Confirming the results
Comparing the two versions with RunStats, the temporary table version looks much worse. All that junk for the temporary table version in Run1, and only a little extra memory for the PL/SQL version in Run2. At first it seems like PL/SQL should be the clear winner.
Type Name Run1 (temp) Run2 (PLSQL) Diff
----- -------------------------------- ------------ ------------ ------------
...
STAT physical read bytes 81,920 0 -81,920
STAT physical read total bytes 81,920 0 -81,920
LATCH cache buffers chains 104,663 462 -104,201
STAT session uga memory 445,488 681,016 235,528
STAT KTFB alloc space (block) 2,097,152 0 -2,097,152
STAT undo change vector size 2,350,188 0 -2,350,188
STAT redo size 2,804,516 0 -2,804,516
STAT temp space allocated (bytes) 12,582,912 0 -12,582,912
STAT table scan rows gotten 15,499,845 0 -15,499,845
STAT session pga memory 196,608 19,857,408 19,660,800
STAT logical read bytes from cache 299,958,272 0 -299,958,272
But at the end of the day only the wall clock time matters. Both the loading and the querying steps run much faster with temporary tables.

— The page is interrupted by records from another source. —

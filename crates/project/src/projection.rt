//! Projection (Ledger Model: projection).
ghost use Rattle.std.specs.Prelude.{◌≡◌, true, All, IfOk, OnOk};
ghost use Rattle.ledger_terms.specs.Forest.{preorder, join};
ghost use Rattle.ledger_terms.specs.declared.act.Act.{Act};
ghost use Rattle.lang_eval.specs.Language.{has_roles};
ghost use Rattle.project.specs.Informed.{is_informed, projection};

use lang_eval::{Checked, RoleFault, roles};
use ledger_terms::{Act, ActionNodeList, PartySet};
use std::alloc::{AllocError, Global};

/// Whether one of the parties is informed of an action that has roles.
fn is_informed(
    alloc: Global,
    checked: &Checked,
    act: &Act,
    parties: &PartySet,
) -> Result<bool, AllocError>
    requires { has_roles checked.now act.now.action ≡ true }
    ensures { IfOk result (λ b. b ≡ is_informed checked.now parties.now act.now) }
{
    match roles(alloc, checked, &act.action) {
        Ok(roles) => Ok(roles.informees.meets(parties)),
        Err(fault) => {
            prove!(fault == RoleFault::Memory);
            Err(AllocError)
        }
    }
}

/// Puts the projection of trees at the end.
fn project_into(
    alloc: Global,
    checked: &Checked,
    roots: &ActionNodeList,
    parties: &PartySet,
    out: &mut ActionNodeList,
) -> Result<(), AllocError>
    requires { All (λ (a : Act). has_roles checked.now a.action ≡ true) (preorder roots.now) }
    ensures { OnOk result (out.new ≡ join out.old (projection checked.now parties.now roots.now)) }
{
    for node in roots.as_slice() {
        let informed = is_informed(alloc, checked, &node.root, parties)?;
        if informed {
            let whole = node.clone()?;
            out.push(whole)?;
        } else {
            project_into(alloc, checked, &node.below, parties, out)?;
        }
    }
    Ok(())
}

/// What the parties are told of trees whose actions all have roles: an action of which one of them is informed stays with all its consequences, and any
/// other gives way to what they are told of its consequences. Err is want of memory. The layers' tests (`layer_cases`) use it.
pub fn project(
    alloc: Global,
    checked: &Checked,
    roots: &ActionNodeList,
    parties: &PartySet,
) -> Result<ActionNodeList, AllocError>
    requires { All (λ (a : Act). has_roles checked.now a.action ≡ true) (preorder roots.now) }
    ensures { IfOk result (λ trees. trees ≡ projection checked.now parties.now roots.now) }
{
    let mut out = ActionNodeList::new(alloc);
    project_into(alloc, checked, roots, parties, &mut out)?;
    Ok(out)
}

The PL/SQL version can be improved by replacing the BULK COLLECT
with cast(collect(test_o(MOD(a, 10), '' || MOD(a, 12))) as test_t) INTO t
. But it's still significantly slower than the temporary table version.
Optimized Reads
Reading from the small temporary table only uses the buffer cache, which is in memory. Run only the query part many times, and watch how the consistent gets from cache
(memory) increase while the physical reads cache
(disk) stay the same.
select name, value
from v$sysstat
where name in ('db block gets from cache', 'consistent gets from cache',
'physical reads cache');
Optimized Writes
Ideally there would be no physical I/O, especially since the temporary table is ON COMMIT DELETE ROWS
. And it sounds like the next version of Oracle may introduce such a mechanism. But it doesn't matter much in this case, the disk I/O does not seem to slow things down.

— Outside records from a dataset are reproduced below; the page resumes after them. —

//! The rows of contracts that changes hold, by id.
ghost use Rattle.std.specs.Prelude.{◌≡◌, [], length, option_copied, slice_get, IfOk, OnErr, OnOk};
ghost use Rattle.std.specs.Str.{bytes_eq};
ghost use Rattle.indexmap.specs.IndexMap.{get, insert_entry};
ghost use Rattle.contract_store.specs.Rows.{created, status_in};
ghost use Rattle.inbox_registry.specs.ChangeLists.{write_change};
ghost use Rattle.node_inbox.specs.KeptActive.{is_consumed};
ghost use Rattle.node_inbox.specs.LiveRows.{has_consumed_row, row_after};

use crate::live_row::LiveRow;
use inbox_registry::Change;
use indexmap::IndexMap;
use ledger_terms::{Hash, Known};
use std::alloc::{AllocError, Global};
use std::marker::Model;

/// A row for each contract that changes are on, in the order in which these came. It copies none of the contracts.
#[derive(Drop)]
pub struct LiveRows<'k> {
    rows: IndexMap<Hash, LiveRow<'k>>,
}

impl<'k> Model for LiveRows<'k> {
    ghost use Rattle.std.specs.Prelude.{List};
    ghost use Rattle.contract_store.specs.declared.row.StoreRow.{StoreRow};
    ghost use Rattle.indexmap.specs.IndexMap.{values};
    ghost use Rattle.node_inbox.specs.LiveRows.{AreById};

    ghost Value = { List StoreRow };

    ghost view = { λ s. values s.rows };

    ghost invariant = { λ s. AreById s.rows.entries };
}

// Puts the row of a contract after a change behind its id.
fn put<'k>(
    rows: &mut IndexMap<Hash, LiveRow<'k>>,
    place: u64,
    known: &'k Known,
    is_create: bool,
) -> Result<(), AllocError>
    ensures ok { OnOk result (rows.new.entries ≡ insert_entry bytes_eq rows.old.entries known.now.id
        (row_after place (record { known = known.now; is_create = is_create }) (get bytes_eq rows.old known.now.id))) }
    ensures err { OnErr result (rows.new.entries ≡ rows.old.entries) }
{
    let row = rows.entry(known.id)?.or_insert(LiveRow::new(known));
    row.change(place, is_create);
    Ok(())
}

// Whether the row behind an id is of a consumed contract.
fn is_consumed_in(rows: &IndexMap<Hash, LiveRow<'_>>, id: &Hash) -> bool
    ensures { result ≡ has_consumed_row (get bytes_eq rows.now id.now) }
{
    match rows.get(id) {
        Some(row) => row.is_consumed(),
        None => false,
    }
}

impl<'k> LiveRows<'k> {
    /// No rows.
    pub fn new(alloc: Global) -> LiveRows<'k>
        ensures { result ≡ [] }
    {
        LiveRows {
            rows: IndexMap::new(alloc),
        }
    }

    /// Writes a change by the request at a place into the row of its contract, which gets a row where it has none. An error leaves the rows as they were.
    pub fn write(&mut self, place: u64, change: &'k Change) -> Result<(), AllocError>
        ensures { OnOk result (self.new ≡ write_change place change.now self.old) }
    {
        put(&mut self.rows, place, &change.known, change.is_create)?;
        Ok(())
    }

    /// Writes that a contract was created at a place. An error leaves the rows as they were.
    pub fn create(&mut self, place: u64, known: &'k Known) -> Result<(), AllocError>
        ensures { OnOk result (self.new ≡ created known.now place self.old) }
    {
        put(&mut self.rows, place, known, true)?;
        Ok(())
    }

    /// Whether the contract with this id was consumed. It is false where these rows have none of it.
    pub fn is_consumed(&self, id: &Hash) -> bool
        ensures { result ≡ is_consumed (status_in self.now id.now) }
    {
        is_consumed_in(&self.rows, id)
    }

    /// How many rows there are.
    pub fn len(&self) -> usize
        ensures { result ≡ length self.now }
    {
        self.rows.len()
    }

    /// The row at an index, counted from 0, and none exactly where there are no more.
    pub fn get(&self, at: usize) -> Option<&LiveRow<'k>>
        ensures { option_copied result ≡ slice_get self.now at }
    {
        match self.rows.get_index(at) {
            Some((_, row)) => Some(row),
            None => None,
        }
    }
}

Run the load step multiple times, and then run select * from v$active_session_history order by sample_time desc;
. Most of the I/O is BACKGROUND
, which means nothing is waiting on it. I assume the temporary table internal logic is just a copy of regular DML mechanisms. In general, new table data may need to be written to disk, if it's committed. Oracle may start working on it, for example by moving data from the log buffer to disk, but there is no rush until there is an actual COMMIT
.
Where does the PL/SQL time go?
I have no clue. Are there multiple context switches, or a single conversion between the SQL and PL/SQL engines? As far as I know none of the available metrics show the time spent on switching between SQL and PL/SQL.
We may never know exactly why PL/SQL code is slower. I don't worry about it too much. The general answer is, the vast majority of database work has to be done in SQL anyway. It would make a lot of sense if Oracle spent more time optimizing the core of their database, SQL, than the add-on language, PL/SQL.
Additional notes
For performance testing it can be helpful to remove the connect by
logic into a separate step. That SQL is a great trick for loading data, but it can be very slow and resource intensive. It's more realistic to load a sample table once with that trick, and then insert from that table.

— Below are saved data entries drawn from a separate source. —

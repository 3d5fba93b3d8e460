//! What comes of a verdict before it is read.
ghost use Rattle.std.specs.Prelude.{◌≡◌, IfOk, IfNone, IfSome, None, Some, [], if◌then◌else◌};
ghost use Rattle.canton_model.specs.Inbox.{notice_at};
ghost use Rattle.canton_model.specs.Timeline.{is_approval, Decided, kind_of};
ghost use Rattle.framed_form.specs.FramedReading.{framed_reading};
ghost use Rattle.node_inbox.specs.Coming.{IsTelling, is_told};
ghost use Rattle.node_inbox.specs.Items.{model_items};
ghost use Rattle.node_inbox.specs.Kept.{IsInbox};

use crate::change_lists::changes_copy;
use crate::items::request_at;
use crate::kept_items::KeptItems;
use canton_model::{Decision, Outcome, Verdict};
use confirm_reply::Setup;
use inbox_registry::{Change, Registry};
use ledger_terms::ParticipantId;
use std::alloc::{AllocError, Global};

/// A verdict that comes on a request that was received: the outcome by it, where it is the first on its request, and what it then
/// changes.
#[derive(Drop)]
pub struct ComingVerdict {
    pub verdict: Verdict,
    pub first: Option<Outcome>,
    pub changes: Vec<Change>,
}

fn outcome_by(decision: &Decision) -> Outcome
    ensures { result ≡ kind_of (Decided decision.now) }
{
    match decision {
        Decision::Approved => Outcome::Approved,
        Decision::Rejected { .. } => Outcome::Rejected,
        Decision::TimedOut { .. } => Outcome::TimedOut,
    }
}

fn is_approval(decision: &Decision) -> bool
    ensures { result ≡ is_approval (Some decision.now) }
{
    match decision {
        Decision::Approved => true,
        Decision::Rejected { .. } => false,
        Decision::TimedOut { .. } => false,
    }
}

// Whether a verdict came on the request.
fn is_told(outcome: Option<Outcome>) -> bool
    ensures { result ≡ is_told outcome }
{
    match outcome {
        Some(Outcome::Undecided) => false,
        Some(Outcome::Approved) => true,
        Some(Outcome::Rejected) => true,
        Some(Outcome::TimedOut) => true,
        Some(Outcome::Expired) => false,
        None => false,
    }
}

fn copy_of(verdict: &Verdict) -> Result<Verdict, AllocError>
    ensures { IfOk result (λ copy. copy ≡ verdict.now) }
{
    let copy = verdict.clone()?;
    Ok(copy)
}

// What a first verdict changes, where an approval makes these changes.
fn changes_by(
    alloc: Global,
    decision: &Decision,
    changes: &[Change],
) -> Result<Vec<Change>, AllocError>
    ensures { IfOk result (λ made. made.items ≡ (if is_approval (Some decision.now) then changes.now else [])) }
{
    if is_approval(decision) {
        changes_copy(alloc, changes)
    } else {
        Ok(Vec::new(alloc))
    }
}

/// What comes of a verdict before it is put into the inbox of participant `me`, and none exactly where the verdict's request wasn't received. `setup`
/// and `me` are there for the contract alone.
pub fn telling(
    alloc: Global,
    setup: &Setup,
    me: ParticipantId,
    items: &KeptItems,
    registry: &Registry,
    verdict: &Verdict,
) -> Result<Option<ComingVerdict>, AllocError>
    requires { IsInbox setup.now.topology setup.now.checked me items.now.items registry.now }
    ensures none { IfOk result (λ o. IfNone o (notice_at (model_items items.now.items) verdict.now.request ≡ None)) }
    ensures some { IfOk result (λ o. IfSome o (λ coming.
        IsTelling (framed_reading setup.now.topology setup.now.checked) (model_items items.now.items) verdict.now coming)) }
{
    let Some(kept) = request_at(items, verdict.request) else {
        return Ok(None);
    };
    let told = copy_of(verdict)?;
    if is_told(registry.outcome(verdict.request)) {
        return Ok(Some(ComingVerdict {
            verdict: told,
            first: None,
            changes: Vec::new(alloc),
        }));
    }
    let changes = changes_by(alloc, &verdict.decision, kept.changes.as_slice())?;
    Ok(Some(ComingVerdict {
        verdict: told,
        first: Some(outcome_by(&verdict.decision)),
        changes,
    }))
}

I tried using the new Oracle 12c feature, temporary undo, and the new 18c feature, private temporary tables. Neither one improved performance over regular temporary tables.
I wouldn't bet on it, but I can see a way that the results would completely change as the data gets larger. The log buffer and the buffer cache can only get so large. And eventually that background I/O could add up and overwhelm some processes, turning the BACKGROUND
wait into a FOREGROUND
wait. On the other hand, there's only so much PGA memory for the PL/SQL solution, and then things crash.
Finally, this partially confirms my skepticism of "in-memory databases". Caching is nothing new, databases have been doing it for decades.